Oprah for president

The Cecil B. Demille Award is an honorary Golden Globe recognizing “outstanding contributions to the world of entertainment,” first bestowed (upon its namesake filmmaker) in 1952. On January 7, Oprah Winfrey, the first African-American woman to receive the prize, accepted with a rousing speech that has fans calling for a 2020 presidential run. CNN Money reports that friends say she’s “actively thinking” about it.

Just a few short years ago, the idea of a president without prior experience in political office was nearly unthinkable. Prior to 2016, the last major party nominee, let alone president, with no political resume was Dwight D. Eisenhower, who, you may remember, whipped Hitler in World War Two.

And then came Donald Trump.

Like Oprah, The Donald is a billionaire and a former television personality. It seems that being a sitting or former state governor or US Senator (or general) is no longer a requirement for the top slot in American politics (the only president ever elected from the House of Representatives was James Garfield in 1880).

Apart from what one might think of his actual tenure in office, it’s far from obvious that Trump is more qualified than Winfrey for the post.

He’s a billionaire. She’s a billionaire.

He inherited wealth generated by sweetheart government housing contracts and managed to parlay it into larger wealth by leveraging political favors and massive debt, fleeing his failures  the bankruptcy wolves neared their doors.

She’s the child of a poor single mother in Mississippi who turned her high school radio gig into Chicago’s, then America’s, top-rated talk show and successful careers in writing, publishing acting, and film production.
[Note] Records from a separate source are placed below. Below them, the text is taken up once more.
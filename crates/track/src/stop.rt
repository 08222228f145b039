//! Why not all was read, or a text wasn't written whole, and the status that each ends with.
ghost use Rattle.std.specs.Prelude.{◌≡◌};
ghost use Rattle.track.specs.declared.stop.ReadStop.TheVariants as reading;
ghost use Rattle.track.specs.declared.stop.WriteStop.TheVariants as writing;
ghost use Rattle.track.specs.Transfer.{read_status, write_status};

use crate::status::Status;
use std::alloc::AllocError;

// Why not all was read.
#[derive(Clone, Copy)]
pub(crate) enum ReadStop {
    OutOfMemory,
    Failed,
    TooLong,
}

// Why a text wasn't written whole.
#[derive(Clone, Copy)]
pub(crate) enum WriteStop {
    OutOfMemory,
    Failed,
}

impl From<AllocError> for ReadStop {
    ghost from_gives = { λ _ stop. stop ≡ reading.OutOfMemory };

    fn from(_: AllocError) -> Self {
        ReadStop::OutOfMemory
    }
}

impl From<AllocError> for WriteStop {
    ghost from_gives = { λ _ stop. stop ≡ writing.OutOfMemory };

    fn from(_: AllocError) -> Self {
        WriteStop::OutOfMemory
    }
}

impl From<ReadStop> for Status {
    ghost from_gives = { λ stop status. status ≡ read_status stop };

    fn from(stop: ReadStop) -> Self {
        match stop {
            ReadStop::OutOfMemory => Status::OutOfMemory,
            ReadStop::Failed => Status::ReadFailed,
            ReadStop::TooLong => Status::TooLong,
        }
    }
}

impl From<WriteStop> for Status {
    ghost from_gives = { λ stop status. status ≡ write_status stop };

    fn from(stop: WriteStop) -> Self {
        match stop {
            WriteStop::OutOfMemory => Status::OutOfMemory,
            WriteStop::Failed => Status::WriteFailed,
        }
    }
}
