//! Powers, and the growth test, in 128 bits.
ghost use Rattle.std.specs.Prelude.{◌≡◌, ◌↔◌, ◌*◌, ◌^◌, ◌<◌, ◌≤◌, IsTrue, SomeIff};

/// `b ^ k`, or `None` where it is above 2^128 - 1. `power(b, 0)` is 1.
pub fn power(b: u128, k: u32) -> Option<u128>
    ensures { SomeIff result (b ^ k < 2 ^ 128) (b ^ k) }
{
    b.checked_pow(k)
}

/// Whether `z ^ k` is at most `r * y ^ k`, both of which are then at most 2^90.
pub fn at_most(z: u32, k: u32, r: u32, y: u32) -> bool
    requires z_small { z ≤ 1024 }
    requires r_small { r ≤ 1024 }
    requires y_small { y ≤ 1024 }
    requires few { k ≤ 8 }
    ensures { IsTrue result ↔ (z ^ k ≤ r * y ^ k) }
{
    u128::from(z).pow(k) <= u128::from(r) * u128::from(y).pow(k)
}
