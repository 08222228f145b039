//! Texts that are made piece by piece.
ghost use Rattle.std.specs.Prelude.{◌≡◌, ◌<◌, ◌++◌, ℕ, List, [], length, true, false};
ghost use Rattle.std.specs.List.{concat};

use input_text::InputLines;
use json_form::ReportParts;
use report_text::{Lines, PlanParts};

/// A text that is made piece by piece.
pub(crate) trait Pieces {
    /// What `made` hands out.
    ghost piece: { Self → List ℕ };

    /// What is left of the text.
    ghost left: { Self → List ℕ };

    /// What each piece makes less.
    ghost size: { Self → ℕ };

    /// Makes the next piece, and answers whether there was one left.
    fn make_next(&mut self) -> bool
        ensures more { result ≡ true → left self.old ≡ piece self.new ++ left self.new }
        ensures less { result ≡ true → size self.new < size self.old }
        ensures none { result ≡ false → left self.old ≡ [] };

    /// The piece that `make_next` has just made. Before the first, and where none was left, nothing
    /// is said of it.
    fn made(&self) -> &[u8]
        ensures { result.now ≡ piece self.now };
}

impl<'a> Pieces for Lines<'a> {
    ghost piece = { λ l. l.line };

    ghost left = { λ l. concat l.left };

    ghost size = { λ l. length l.left };

    fn make_next(&mut self) -> bool {
        self.advance()
    }

    fn made(&self) -> &[u8] {
        self.line()
    }
}

impl<'a> Pieces for InputLines<'a> {
    ghost piece = { λ l. l.line };

    ghost left = { λ l. concat l.left };

    ghost size = { λ l. length l.left };

    fn make_next(&mut self) -> bool {
        self.advance()
    }

    fn made(&self) -> &[u8] {
        self.line()
    }
}

impl<'a> Pieces for PlanParts<'a> {
    ghost piece = { λ p. p.part };

    ghost left = { λ p. p.left };

    ghost size = { λ p. length p.left };

    fn make_next(&mut self) -> bool {
        self.advance()
    }

    fn made(&self) -> &[u8] {
        self.part()
    }
}

impl<'a> Pieces for ReportParts<'a> {
    ghost piece = { λ p. p.part };

    ghost left = { λ p. p.left };

    ghost size = { λ p. length p.left };

    fn make_next(&mut self) -> bool {
        self.advance()
    }

    fn made(&self) -> &[u8] {
        self.part()
    }
}
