// The limits: specs/Limits.antt and specs/Scalars.antt say them from document 01, and the proofs hold these numbers to those.
pub const TEXT_BYTES: usize = 65536;

pub const NAME_BYTES: usize = 64;

pub const IDENTIFIER_BYTES: usize = 128;

pub const LINE_DIGITS: usize = 6;

pub const DOMAINS: usize = 128;

pub const MEMBERS: usize = 1024;

pub const ENTRIES: usize = 128;

pub const ELEMENTS: usize = 16;

pub const DESCRIPTORS: usize = 256;

pub const TABLE_WORDS: usize = 16384;

pub const FRAMES: usize = 64;

pub const WITNESS_WORDS: usize = 30;
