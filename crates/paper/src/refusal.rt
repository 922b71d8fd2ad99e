// The numbers that come back, by what they say (document 01, "Numbers that come back").
pub const TABLE_TOO_SHORT: u16 = 1;

pub const TEXT_TOO_LONG: u16 = 2;

pub const BAD_BYTE: u16 = 3;

pub const LAYOUT: u16 = 4;

pub const SCALAR: u16 = 5;

pub const COUNT: u16 = 6;

pub const TWICE: u16 = 7;

pub const UNKNOWN: u16 = 8;

pub const EMPTY_FIELD: u16 = 9;

pub const UNBOUND: u16 = 10;

pub const SAME_PRINCIPAL: u16 = 11;

pub const TABLE_ILL_FORMED: u16 = 20;

pub const STACK: u16 = 21;

pub const ALLOCATION_STACK: u16 = 22;

pub const OPERATION: u16 = 23;

pub const OUTPUT_TOO_SHORT: u16 = 30;

pub const FILLED_TOO_LONG: u16 = 31;

pub const WITNESS_TOO_SHORT: u16 = 40;

// The line of a refusal that has none.
pub const NO_LINE: u32 = 0;
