// The classes of the answers (crates/paper/specs/Answers.antt), as numbers since C gets them (include/dovetenon.h).
// No answer has class 0.
pub const REFUSED: u16 = 1;

// Of a verdict.
pub const VIOLATION: u16 = 2;

pub const INSIDE: u16 = 3;

pub const GRANTED: u16 = 4;

// Of a report.
pub const CLASH: u16 = 2;

pub const CLEAR: u16 = 3;

// Of a reading.
pub const ACCEPTED: u16 = 2;

// Of a filling.
pub const WRITTEN: u16 = 2;

// Of name lookup.
pub const NAME_NONE: u16 = 1;

pub const NAME_FOUND: u16 = 2;

// Of a listing.
pub const LISTED: u16 = 2;
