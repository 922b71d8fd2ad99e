// 10 and 11 over the list of a text's fields, entry by entry. A line that is none is 0, as the paper's rules have it.
#![tactic(auto)]

ghost use Rattle.std.specs.Prelude.{◌≡◌, ◌+◌, ◌*◌, ◌/◌, ◌<◌, ◌≤◌, eqb, length};
ghost use Rattle.paper.specs.Common.{any_of, same, up_to};
ghost use Rattle.paper.specs.Limits.{most_entries};
ghost use Rattle.paper.specs.Listing.{context_places};
ghost use Rattle.paper.specs.Entries.{value_at, entries_of};
ghost use Rattle.paper.specs.Rules.{first_with, in_object_contexts, is_unbound_key, is_unbound, unbound_variable};
ghost use Rattle.paper.specs.Rules.{same_sort, same_principal, twin_principal};
ghost use Rattle.file_fields.specs.Fields.{field_of};
ghost use Rattle.file_fields.specs.Stretches.{fields_of, stretch_of};
ghost use Rattle.file_index.specs.Buckets.{hashes};
ghost use Rattle.file_entries.specs.Keys.{key_in};
ghost use Rattle.file_entries.specs.Weights.{four_at, with_eight, eights, weight_of};
ghost use Rattle.file_entries.specs.Principals.{sorts, weight_at, sort_at, principal_hash, is_other_hash, AllHashed};

use file_fields::file::{FieldAt, File};
use file_fields::stretch::Stretch;
use paper::limit;
use text_keys::rows;

const SORTS: usize = 4;

// Thirty-two bits of a hash are kept.
const HASHES: usize = 4294967296;

// What sets four bytes apart from the four behind them.
const APART: usize = 40503;

// What an entry says at a place: an omitted pattern is `[all]`, and anything else `all`.
fn value_at(entry: Stretch, place: usize) -> &[u8]
    ensures { result.now ≡ value_at place (stretch_of entry.entry) }
{
    if file_fields::is_call_context(place) {
        return entry.value_at(place, b"[all]", b"[]");
    }
    entry.value_at(place, b"all", b"[]")
}

// The field stands at this key of an object context.
fn is_object_key(key: usize, field: FieldAt) -> bool
    requires { key < context_places }
    ensures { result ≡ any_of (eqb field.place) (in_object_contexts (key_in key)) }
{
    let place = field.place();
    (place == rows::READ_CONTEXT + key) | (place == rows::WRITE_CONTEXT + key)
}

// The field of an entry has a variable at a key of an object context, and it is not the one of the entry's same key.
fn is_unbound_key(entry: Stretch, key: usize, field: FieldAt) -> bool
    requires { key < context_places }
    ensures { result ≡ is_unbound_key (key_in key) (stretch_of entry.entry) (field_of entry.entry.file.text.now field) }
{
    if !is_object_key(key, field) {
        return false;
    }
    let v = entry.file.value(field);
    if !text_scalars::is_variable(v) {
        return false;
    }
    !text_bytes::same(v, value_at(entry, rows::EXECUTION_CONTEXT + key))
}

// Most fields stand at no key of an object context: they are told by their place alone.
fn is_unbound(entry: Stretch, field: FieldAt) -> bool
    ensures { result ≡ is_unbound (stretch_of entry.entry) (field_of entry.entry.file.text.now field) }
{
    if field.place() < rows::READ_CONTEXT {
        return false;
    }
    is_unbound_key(entry, rows::UID, field)
        | is_unbound_key(entry, rows::GID, field)
        | is_unbound_key(entry, rows::NAMESPACE, field)
}

// 10 in one entry.
fn entry_unbound_line(entry: Stretch) -> usize
    ensures { result ≡ first_with (is_unbound (stretch_of entry.entry)) (stretch_of entry.entry) }
{
    for field in entry.fields() {
        if is_unbound(entry, *field) {
            return field.line();
        }
    }
    text_lines::NO_LINE
}

// 10 over the whole file: the smallest line, or none.
pub fn unbound_line(file: File) -> usize
    ensures { result ≡ unbound_variable (fields_of file.entry) }
{
    let mut line = text_lines::NO_LINE;
    for entry in file.entries() {
        line = file_fields::earlier(line, entry_unbound_line(entry));
    }
    line
}

// Four bytes as one number, the first of them lowest: the compiler takes them in one go.
fn four_at(v: &[u8], i: usize) -> usize
    requires { i + 4 ≤ length v.now }
    ensures { (result ≡ four_at v.now i) × (result < hashes) }
{
    u32::from_le_bytes([v[i], v[i + 1], v[i + 2], v[i + 3]]) as usize
}

// The weight h, gone on over eight bytes.
fn with_eight(h: usize, v: &[u8], i: usize) -> usize
    requires { (h < hashes) × (i + 8 ≤ length v.now) }
    ensures { (result ≡ with_eight h v.now i) × (result < hashes) }
{
    let low = four_at(v, i);
    let high = four_at(v, i + 4);
    (h * file_index::MULTIPLIER + low * APART + high) % HASHES
}

// The weight of all bytes but the last, less than eight.
fn eights(v: &[u8]) -> usize
    ensures { (result ≡ eights v.now (length v.now / 8)) × (result < hashes) }
{
    let mut h: usize = 0;
    for k in 0..v.len() / 8 {
        h = with_eight(h, v, 8 * k);
    }
    h
}

// A number that equal values have in common. The last eight bytes are taken whether or not some of them were.
fn weight(v: &[u8]) -> usize
    ensures { (result ≡ weight_of v.now) × (result < hashes) }
{
    if v.len() < 8 {
        return file_index::hash(file_index::MULTIPLIER, v);
    }
    let last = v.len() - 8;
    with_eight(eights(v), v, last)
}

fn weight_at(entry: Stretch, place: usize) -> usize
    ensures { (result ≡ weight_at place (stretch_of entry.entry)) × (result < hashes) }
{
    weight(value_at(entry, place))
}

fn sort_at(entry: Stretch, place: usize) -> usize
    ensures { (result ≡ sort_at place (stretch_of entry.entry)) × (result < sorts) }
{
    file_fields::values::sort_of(value_at(entry, place)) as usize
}

// A number that equal principals have in common.
fn principal_hash(entry: Stretch) -> u32
    ensures { result ≡ principal_hash (stretch_of entry.entry) }
{
    let subject = weight_at(entry, rows::SUBJECT);
    let pattern = weight_at(entry, rows::EXECUTION_CALL_CONTEXT);
    let uid = sort_at(entry, rows::EXECUTION_UID);
    let gid = sort_at(entry, rows::EXECUTION_GID);
    let namespace = sort_at(entry, rows::EXECUTION_NAMESPACE);
    let hash = SORTS * (SORTS * (SORTS * (subject + pattern) + uid) + gid) + namespace;
    (hash % HASHES) as u32
}

fn same_value(a: Stretch, b: Stretch, place: usize) -> bool
    ensures { result ≡ same (value_at place (stretch_of a.entry)) (value_at place (stretch_of b.entry)) }
{
    text_bytes::same(value_at(a, place), value_at(b, place))
}

fn same_sort(a: Stretch, b: Stretch, place: usize) -> bool
    ensures { result ≡ same_sort (value_at place (stretch_of a.entry)) (value_at place (stretch_of b.entry)) }
{
    sort_at(a, place) == sort_at(b, place)
}

// Two entries have the same principal.
fn same_principal(a: Stretch, b: Stretch) -> bool
    ensures { result ≡ same_principal (stretch_of a.entry) (stretch_of b.entry) }
{
    let subject = same_value(a, b, rows::SUBJECT);
    let pattern = same_value(a, b, rows::EXECUTION_CALL_CONTEXT);
    let uid = same_sort(a, b, rows::EXECUTION_UID);
    let gid = same_sort(a, b, rows::EXECUTION_GID);
    let namespace = same_sort(a, b, rows::EXECUTION_NAMESPACE);
    subject & pattern & uid & gid & namespace
}

// Where an entry begins in the list of fields, and where it ends.
#[derive(Clone, Copy)]
struct Bounds {
    from: usize,
    to: usize,
}

// The entries that were passed. Their hashes stand apart from their bounds, since many of them are compared at a time.
#[derive(Clone, Copy)]
struct Passed<'a> {
    file: File<'a>,
    bounds: &'a [Bounds],
    hashes: &'a [u32],
    count: usize,
    ghost hashed: { AllHashed file.text.now file.fields.now bounds.now hashes.now count },
}

impl<'a> Passed<'a> {
    ghost use Rattle.file_entries.specs.Passed.{passed_entry, passed_before};

    fn entry(self, k: usize) -> Stretch<'a>
        requires { k < self.count }
        ensures { stretch_of result ≡ passed_entry self.entry k }
    {
        let Bounds { from, to } = self.bounds[k];
        Stretch {
            file: self.file,
            from,
            to,
        }
    }

    // Entries a and b have the same principal. Hashes are compared first since they nearly always tell.
    fn are_twins(self, a: usize, b: usize) -> bool
        requires a_passed { a < self.count }
        requires b_passed { b < self.count }
        ensures { result ≡ same_principal (passed_entry self.entry a) (passed_entry self.entry b) }
    {
        if self.hashes[a] != self.hashes[b] {
            return false;
        }
        same_principal(self.entry(a), self.entry(b))
    }

    // None of the hashes below k is that of entry k. The loop has no exit, so that it takes many at a time.
    fn is_new_hash(self, k: usize) -> bool
        requires { k < self.count }
        ensures { result ≡ up_to (is_other_hash self.entry.hashes.now k) k }
    {
        let hash = self.hashes[k];
        let mut new = true;
        for other in &self.hashes[..k] {
            new &= *other != hash;
        }
        new
    }

    // Entry k has the principal of one before it.
    fn has_twin(self, k: usize) -> bool
        requires { k < self.count }
        ensures { result ≡ any_of (same_principal (passed_entry self.entry k)) (passed_before self.entry k) }
    {
        if self.is_new_hash(k) {
            return false;
        }
        for j in (0..k).rev() {
            if self.are_twins(k, j) {
                return true;
            }
        }
        false
    }
}

// 11 over the whole file: the later entry's line, or none.
pub fn twin_line(file: File) -> usize
    requires { length (entries_of (fields_of file)) ≤ most_entries }
    ensures { result ≡ twin_principal (fields_of file.entry) }
{
    let mut bounds = [Bounds { from: 0, to: 0 }; limit::ENTRIES];
    let mut hashes = [0u32; limit::ENTRIES];
    for (k, entry) in file.entries().enumerate() {
        bounds[k] = Bounds {
            from: entry.from,
            to: entry.to,
        };
        hashes[k] = principal_hash(entry);
        let passed = Passed {
            file,
            bounds: &bounds,
            hashes: &hashes,
            count: k + 1,
        };
        if passed.has_twin(k) {
            return entry.line();
        }
    }
    text_lines::NO_LINE
}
She became the richest African-American of the 20th century and the world’s first black female billionaire in the world.

Prior to Trump’s presidential campaign, there’s little doubt which of the two was more politically influential. Trump occasionally addressed politics with off-hand one-liners and feints toward running for office, fairly obviously as a way of building his personal business brand recognition rather than as a serious approach to issues or policy.

Winfrey, on the other hand, consciously spent decades establishing herself as an opinion leader on issues ranging from acceptance of LGBTQ Americans to the US invasion of Iraq to animal cruelty. She turned out tens of thousands of rally attendees — and likely hundreds of thousands of voters — for Barack Obama in 2008, probably making possible his victory over Hillary Clinton in the Democratic Party’s presidential primaries.

She also enjoys an advantage in the Democratic Party to the extent that she doesn’t seem to have dragged herself and others through the mud in the 2016 party in-fighting. She’s likely more popular at the party’s center than Hillary Clinton, and nearly as popular as Bernie Sanders on all but its furthest left fringes.

In my opinion, Oprah would beat The Donald like a drum in a presidential contest. I disagree with both of them on too many issues to vote for either one, but I relish a contest to which representatives of the failed political establishment aren’t invited.